Fernández Álvarez hizo dialogar a Colón e Isabel en «La gran aventura de Cristóbal Colón», un vibrante episodio sobre la Historia de España del que hay que sentirse orgulloso, subrayaba: «He escuchado voces que se llaman “progresistas” que piden que se olvide lo que Colón logró hacer porque a esta conquista le siguieron las acciones feroces de los conquistadores. Esto último no puede negarse, es verdad, pero tampoco puede negarse la grandeza de la Roma antigua. Creo que la aventura de Colón tuvo su saldo positivo: rompió una lanza en favor de nuestra autoestima. Ya está bien de que nos flagelemos y de que siempre tengamos que pedir perdón. Yo sí me avergüenzo de la Inquisición, pero no de lo que logró Colón».
Don Manuel también analizó en la parte final de la obra los cuatro traslados en cuatro siglos de los restos de Colón. Enterrado en 1506 en la iglesia de San Francisco de Valladolid, tres años después su hijo don Diego dispone que sus restos pasaran a la Cartuja de las Cuevas de Sevilla. Y treinta y cinco años más tarde, en 1544, muerto ya don Diego, su viuda doña María de Toledo consigue el permiso del emperador Carlos V y lleva los restos del Almirante y de su hijo a la catedral primada de las Américas, a Santo Domingo: «Parecía un sitio digno del Almirante. Era como un desagravio: que sus restos reposaran en aquella isla que descubrió y de la que fue el primer Gobernador». Y pasaron los siglos sin que nada alterase esa paz. Hasta que a finales del XVIII la Monarquía de Carlos IV considera que no debe dejar bajo autoridad extranjera los restos del Almirante: «Así se decide su traslado a otro dominio español en ultramar: La Habana, isla descubierta por Colón. Un siglo después España perdía Cuba. La Patria reclamó aquellos gloriosos restos. Y se produjo el último traslado a la catedral de Sevilla».

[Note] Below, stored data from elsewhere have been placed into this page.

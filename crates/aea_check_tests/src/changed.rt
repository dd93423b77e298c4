//! Each single change of reports of damaged archives, against the plain judge.

use crate::archives::{
    archive_of, archive_with, damaged_blocks, judges, nineteen, printed, put_only, run_only,
    spoil_cells,
};
use crate::lines::{Change, changed_text, other_lines};
use crate::plain::{Facts, plain_verdict};
use aea_disk::SureDisk;
use aea_lattice::{BlockId, Lattice};
use aea_test_helpers::{report_of, shorten, spoil_cell};
use std::alloc::Global;
use std::test::Fail;

// What is known of an archive that was repaired: its lattice, the blocks that are damaged still; and of its report the line of
// counts, and the lines of blocks.
#[derive(Drop)]
struct Repaired {
    lattice: Lattice,
    damaged: Vec<BlockId>,
    counts: String,
    lines: String,
}

// The line of counts of a report, and the lines behind it.
fn split_report(alloc: Global, report: &str) -> Option<(String, String)> {
    let (_head, behind) = report.split_once("\ncounts ")?;
    let (counts, lines) = behind.split_once('\n')?;
    let counts = format!(in alloc; "counts {counts}").ok()?;
    let lines = String::from_str(alloc, lines).ok()?;
    Some((counts, lines))
}

// The same of the report of a repair.
fn counts_and_lines(alloc: Global, disk: &mut SureDisk) -> Option<(String, String)> {
    match printed(alloc, disk, "repair", 16_384) {
        Some(report) => split_report(alloc, report.as_str()),
        None => None,
    }
}

// Repairs the archive, which has this lattice.
fn repair_known(alloc: Global, disk: &mut SureDisk, lattice: Lattice) -> Option<Repaired> {
    let (counts, lines) = counts_and_lines(alloc, disk)?;
    let damaged = damaged_blocks(alloc, disk)?;
    Some(Repaired {
        lattice,
        damaged,
        counts,
        lines,
    })
}

// The same of this archive, which is given back beside what is known of it. None where there is no archive or no lattice.
fn make_repaired(
    alloc: Global,
    disk: Option<SureDisk>,
    lattice: Option<Lattice>,
) -> Option<(SureDisk, Repaired)> {
    let lattice = lattice?;
    let mut disk = disk?;
    let known = repair_known(alloc, &mut disk, lattice)?;
    Some((disk, known))
}

// The report of the archive with this line of counts and these lines.
fn report_with_lines(
    alloc: Global,
    disk: &mut SureDisk,
    lattice: &Lattice,
    counts: &str,
    lines: &str,
) -> Option<String> {
    let (alpha, s, p, n) = (lattice.alpha(), lattice.s(), lattice.p(), lattice.n());
    let numbers = format!(in alloc; "{alpha} {s} {p} {n}").ok()?;
    let both = format!(in alloc; "{counts}\n{lines}").ok()?;
    report_of(alloc, disk, numbers.as_str(), both.as_str())
}

// Whether a check says of that report what the plain judge says.
fn agree(alloc: Global, disk: &mut SureDisk, facts: Facts, counts: &str, lines: &str) -> bool {
    let report = report_with_lines(alloc, disk, facts.lattice, counts, lines);
    let want = plain_verdict(alloc, facts, counts, lines);
    match (report, want) {
        (Some(report), Some(want)) => judges(alloc, disk, report.as_str(), want.as_str()),
        _ => false,
    }
}

// The same of the archive that was repaired.
fn agree_on(
    alloc: Global,
    disk: &mut SureDisk,
    known: &Repaired,
    counts: &str,
    lines: &str,
) -> bool {
    let facts = Facts {
        lattice: &known.lattice,
        damaged: known.damaged.as_slice(),
    };
    agree(alloc, disk, facts, counts, lines)
}

// Whether both agree on the archive's own report with a changed line.
fn agree_on_changed(
    alloc: Global,
    disk: &mut SureDisk,
    known: &Repaired,
    number: usize,
    change: Change,
) -> bool {
    match changed_text(alloc, known.lines.as_str(), number, change) {
        Some(lines) => agree_on(alloc, disk, known, known.counts.as_str(), lines.as_str()),
        None => false,
    }
}

// Whether they agree where this line is left out, doubled, or exchanged with the next.
fn agree_on_moved_line(
    alloc: Global,
    disk: &mut SureDisk,
    known: &Repaired,
    number: usize,
) -> bool {
    agree_on_changed(alloc, disk, known, number, Change::LeftOut)
        && agree_on_changed(alloc, disk, known, number, Change::Doubled)
        && agree_on_changed(alloc, disk, known, number, Change::ExchangedWithNext)
}

// The same of each line.
fn agree_on_moved(alloc: Global, disk: &mut SureDisk, known: &Repaired) -> bool {
    let mut goes_on = true;
    for number in 0..known.lines.as_str().lines().count() {
        goes_on = goes_on && agree_on_moved_line(alloc, disk, known, number);
    }
    goes_on
}

// Whether they agree where each of these lines takes the place of the one with this number.
fn agree_on_others(
    alloc: Global,
    disk: &mut SureDisk,
    known: &Repaired,
    number: usize,
    others: &str,
) -> bool {
    let mut goes_on = true;
    for other in others.lines() {
        goes_on = goes_on
            && agree_on_changed(alloc, disk, known, number, Change::ReplacedBy(other));
    }
    goes_on
}

// Whether they agree where another line takes the place of this one, which has this number.
fn agree_on_replaced_line(
    alloc: Global,
    disk: &mut SureDisk,
    known: &Repaired,
    number: usize,
    line: &str,
) -> bool {
    match other_lines(alloc, line, known.lattice.n()) {
        Some(others) => agree_on_others(alloc, disk, known, number, others.as_str()),
        None => false,
    }
}

// The same of each line.
fn agree_on_replaced(alloc: Global, disk: &mut SureDisk, known: &Repaired) -> bool {
    let mut goes_on = true;
    for (number, line) in known.lines.as_str().lines().enumerate() {
        goes_on = goes_on && agree_on_replaced_line(alloc, disk, known, number, line);
    }
    goes_on
}

// Whether they agree with the right counts, with these wrong ones, and with some others.
fn agree_on_all_counts(alloc: Global, disk: &mut SureDisk, known: &Repaired, wrong: &str) -> bool {
    let mut goes_on = true;
    for counts in [
        known.counts.as_str(),
        wrong,
        "counts 0 0 0 0",
        "counts 1 1 0 0",
        "counts 19 3 0 16",
        "counts 19 0 4 15",
        "counts 20 0 3 17",
        "counts 4294967295 0 0 0",
    ] {
        goes_on = goes_on && agree_on(alloc, disk, known, counts, known.lines.as_str());
    }
    goes_on
}

// The same, where the wrong counts are the right ones with one more digit.
fn agree_on_counts(alloc: Global, disk: &mut SureDisk, known: &Repaired) -> bool {
    let right = known.counts.as_str();
    match format!(in alloc; "{right}0") {
        Ok(wrong) => agree_on_all_counts(alloc, disk, known, wrong.as_str()),
        Err(_) => false,
    }
}

// Nineteen blocks of AE(2,2,2) are damaged: three are determined, and the others are in two codewords.
fn two_codewords(alloc: Global) -> Option<(SureDisk, Repaired)> {
    make_repaired(alloc, nineteen(alloc), Lattice::new(2, 2, 2, 11))
}

// One of four sites of AE(3,2,5) is gone, and all four blocks of the last node.
fn without_a_site(alloc: Global) -> Option<SureDisk> {
    let mut disk = archive_with(alloc, "create 3 2 5 16 4", 112)?;
    let is_damaged = shorten(&mut disk, 2, 0).is_ok()
        && spoil_cells(&mut disk, 4, &[24, 25, 26, 27]);
    is_damaged.then_some(disk)
}

// That archive, repaired.
fn a_site(alloc: Global) -> Option<(SureDisk, Repaired)> {
    make_repaired(alloc, without_a_site(alloc), Lattice::new(3, 2, 5, 7))
}

// The lattice of a chain of four nodes with a fence after its second one.
fn fenced_chain() -> Option<Lattice> {
    Lattice::new(1, 1, 0, 2)?.fenced()?.grown(4)
}

// A chain with a fence after its second node: the blocks of the second and of the fourth node are damaged, and the last datum
// before the last one.
fn with_a_fence(alloc: Global) -> Option<SureDisk> {
    let mut disk = archive_of(alloc, "create 1 1 0 16 1", b"0123456789abcdefg")?;
    let is_damaged = run_only(alloc, &mut disk, "fence", 99)
        && put_only(alloc, &mut disk, "b", b"0123456789abcdefg")
        && spoil_cells(&mut disk, 1, &[2, 3, 4, 6, 7]);
    is_damaged.then_some(disk)
}

// That archive, repaired.
fn a_fence(alloc: Global) -> Option<(SureDisk, Repaired)> {
    make_repaired(alloc, with_a_fence(alloc), fenced_chain())
}

// The names of these three.
fn names() -> [&'static str; 3] {
    ["two codewords", "a site", "a fence"]
}

// The archive of this name.
fn named(alloc: Global, name: &str) -> Option<(SureDisk, Repaired)> {
    match name {
        "two codewords" => two_codewords(alloc),
        "a site" => a_site(alloc),
        _ => a_fence(alloc),
    }
}

// Whether they agree in the archive of this name where its lines are moved.
fn are_moved_in(alloc: Global, name: &str) -> bool {
    match named(alloc, name) {
        Some((mut disk, known)) => agree_on_moved(alloc, &mut disk, &known),
        None => false,
    }
}

// The same where they are replaced.
fn are_replaced_in(alloc: Global, name: &str) -> bool {
    match named(alloc, name) {
        Some((mut disk, known)) => agree_on_replaced(alloc, &mut disk, &known),
        None => false,
    }
}

// The same where the counts are others.
fn are_counted_in(alloc: Global, name: &str) -> bool {
    match named(alloc, name) {
        Some((mut disk, known)) => agree_on_counts(alloc, &mut disk, &known),
        None => false,
    }
}

#[test]
fn lines_that_are_moved_are_judged_plainly(rt: HostRuntime) -> Result<(), Fail> {
    for name in names() {
        assert!(rt; are_moved_in(rt.alloc(), name), "{name}");
    }
    Ok(())
}

#[test]
fn lines_of_two_codewords_that_are_replaced_are_judged_plainly(
    rt: HostRuntime,
) -> Result<(), Fail> {
    assert!(rt; are_replaced_in(rt.alloc(), "two codewords"));
    Ok(())
}

#[test]
fn lines_of_a_site_that_are_replaced_are_judged_plainly(rt: HostRuntime) -> Result<(), Fail> {
    assert!(rt; are_replaced_in(rt.alloc(), "a site"));
    Ok(())
}

#[test]
fn lines_around_a_fence_that_are_replaced_are_judged_plainly(rt: HostRuntime) -> Result<(), Fail> {
    assert!(rt; are_replaced_in(rt.alloc(), "a fence"));
    Ok(())
}

#[test]
fn counts_are_judged_plainly(rt: HostRuntime) -> Result<(), Fail> {
    for name in names() {
        assert!(rt; are_counted_in(rt.alloc(), name), "{name}");
    }
    Ok(())
}

// Whether they agree on the archive's own report, where the blocks that a scrub names now are damaged.
fn agree_on_own(alloc: Global, disk: &mut SureDisk, known: &Repaired) -> bool {
    match damaged_blocks(alloc, disk) {
        Some(damaged) => {
            let facts = Facts {
                lattice: &known.lattice,
                damaged: damaged.as_slice(),
            };
            agree(
                alloc,
                disk,
                facts,
                known.counts.as_str(),
                known.lines.as_str(),
            )
        }
        None => false,
    }
}

// The first of some blocks with which they do not agree once it and those before it are damaged, too.
fn first_damaged_again(alloc: Global, disk: &mut SureDisk, known: &Repaired) -> Option<u32> {
    for number in [4u32, 7, 13, 20] {
        if spoil_cell(disk, 3, 64, number, 20).is_err() || !agree_on_own(alloc, disk, known) {
            return Some(number);
        }
    }
    None
}

// The same in the archive of this name; 0 where there is none.
fn first_damaged_again_in(alloc: Global, name: &str) -> Option<u32> {
    match named(alloc, name) {
        Some((mut disk, known)) => first_damaged_again(alloc, &mut disk, &known),
        None => Some(0),
    }
}

#[test]
fn reports_of_an_archive_that_is_damaged_again_are_judged_plainly(
    rt: HostRuntime,
) -> Result<(), Fail> {
    for name in ["two codewords", "a site"] {
        let wrong = first_damaged_again_in(rt.alloc(), name);
        assert!(rt; wrong == None, "{name}, {wrong:?}");
    }
    Ok(())
}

Sobre la memoria histórica que se quiere desenterrar, Fernández Álvarez era tajante: "Un historiador no puede negarse a la memoria, a los documentos, a los testimonios de un tiempo, pero siempre y cuando esa memoria la acompasemos con otras memorias. Que procure ser una lectura completa y no sesgada. Que se trate de dar una visión no parcial, y que no se utilice como arma arrojadiza de combate. Tiene que ser una memoria para comprender el pasado en su plenitud y para ver qué parte hay de tremendos errores para no volver a caer en ellos. Y también para ver qué parte hay de esperanza, de algo verdaderamente lúcido y prometedor para que nos conforte. Porque el pasado no solamente está lleno de errores. Que las sombras no nos acorbaden y que las luces nos esperancen"
Decíamos ayer... que su vida trata de eso, de dar esperanza y decir que no todo está perdido.